Santa Claus ha detto:


> assolutamente falso... non accomunarmi a certi elementi... è offensivo...


 
ma come jim, non sei tu???

Lo dice iago, sai che lui dice sempre la vertà


----------



## Old jdm2 (29 Gennaio 2008)

Basta, Cate. 
Ti prego, basta così....

Ho pagato abbastanza certi errori. 
Voglio che finisca questa storia.
Sono un'altro uomo, adesso... La mia sofferenze è finita, o è almeno sopportabile.

Santa Claus, scrivi quello che ti pare.... Io non replico.

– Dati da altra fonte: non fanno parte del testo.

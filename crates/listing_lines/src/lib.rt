// The lines of a listing, without and with times of day.
#![tactic(auto)]

pub mod clock;
pub mod lines;
pub mod times_of_day;
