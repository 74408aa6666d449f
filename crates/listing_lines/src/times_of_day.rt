// Times of day as text (docs/CLOCK.md, "The form"). A `put_` function stores a text at a place of a buffer, as far as
// the buffer reaches, and gives the place after it (`decimals`).
ghost use Rattle.std.specs.Prelude.{[], ◌∷◌, ◌++◌, ◌+◌, ◌%◌, ◌≤◌, pos, nat_abs};
ghost use Rattle.rounding.specs.Near.{floor_z};
ghost use Rattle.decimal_text.specs.Decimals.{digit, signed};
ghost use Rattle.decimal_text.specs.Texts.{letters, Put};
ghost use Rattle.listing_lines.specs.Times.{two, seconds_text, of_day_text, day_text, time_text};

// The last digit of a number.
pub fn put_digit(out: &mut [u8], at: usize, n: u64) -> usize
    ensures { Put out.old at (digit (n % 10) ∷ []) out.new result }
{
    let last = n % 10;
    let byte = 48 + last as u8;
    decimal_text::put_byte(out, at, byte)
}

// The last two digits of a number.
pub fn put_two(out: &mut [u8], at: usize, n: u64) -> usize
    ensures { Put out.old at (two n) out.new result }
{
    let next = put_digit(out, at, n / 10);
    put_digit(out, next, n)
}

// `HH:MM:SS` of n seconds.
pub fn put_seconds(out: &mut [u8], at: usize, n: u64) -> usize
    ensures { Put out.old at (seconds_text n) out.new result }
{
    let hours = put_two(out, at, n / 3600);
    let colon = decimal_text::put_byte(out, hours, b':');
    let minutes = put_two(out, colon, n / 60 % 60);
    let second = decimal_text::put_byte(out, minutes, b':');
    put_two(out, second, n % 60)
}

// `HH:MM:SS.T` of n tenths.
fn put_of_day(out: &mut [u8], at: usize, n: u64) -> usize
    ensures { Put out.old at (of_day_text n) out.new result }
{
    let seconds = put_seconds(out, at, n / 10);
    let point = decimal_text::put_byte(out, seconds, b'.');
    put_digit(out, point, n)
}

// A number of days with its sign.
fn put_days(out: &mut [u8], at: usize, day: i64) -> usize
    ensures { Put out.old at (signed day ++ letters "d") out.new result }
{
    let end = decimal_text::put_signed(out, at, day);
    decimal_text::put_byte(out, end, b'd')
}

// The day of a time, where it is another than the instant's.
fn put_day(out: &mut [u8], at: usize, day: i64) -> usize
    ensures { Put out.old at (day_text day) out.new result }
{
    if day < 0 {
        return put_days(out, at, day);
    }
    if 0 < day {
        let next = decimal_text::put_byte(out, at, b'+');
        return put_days(out, next, day);
    }
    at
}

// n thousandths at the floor of their tenths. Division is of naturals: 100,000 days are added before it, and taken off
// after it. It has a `requires`, so it is none of the public promises.
pub fn put_time(out: &mut [u8], at: usize, n: i64) -> usize
    requires { nat_abs n ≤ 8600000000000 }
    ensures { Put out.old at (time_text (floor_z n (pos 100))) out.new result }
{
    let tenths = (n + 8_640_000_000_000) as u64 / 100;
    let day = (tenths / 864_000) as i64 - 100_000;
    let next = put_of_day(out, at, tenths % 864_000);
    put_day(out, next, day)
}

Voglio stare bene nel forum, con tutti. L'ho già scritto.

Ora basta, Mk
Basta, Cat
Basta, Alex

Basta cloni e nick a me sconosciuti.

Giovanni, per cortesia.... Mi sono registrato più volte come jdm per errore, per postare queste risposte, puoi cancellare queste nuove iscrizioni, se vuoi. 
Ti prego di smentire Cat, il mio IP lo puoi controllare.

Grazie


----------



## Old Santa Claus (29 Gennaio 2008)

come no... è la bocca della verità... solo che ha lingue biforcuta... comunque... non sono jdm.... questo è sicuro...


----------



## Persa/Ritrovata (29 Gennaio 2008)

sfigatta ha detto:


> Lupa mi fai morire!!!!
> 
> siamo alla 38134515584158418954154847 puntata e non hai ancora capito??




















































...puntata di cosa?


----------



## Mari' (29 Gennaio 2008)

La Lupa ha detto:


> Allora, tanto per dirne una... ma chi cazzo è *Michele*, scusate?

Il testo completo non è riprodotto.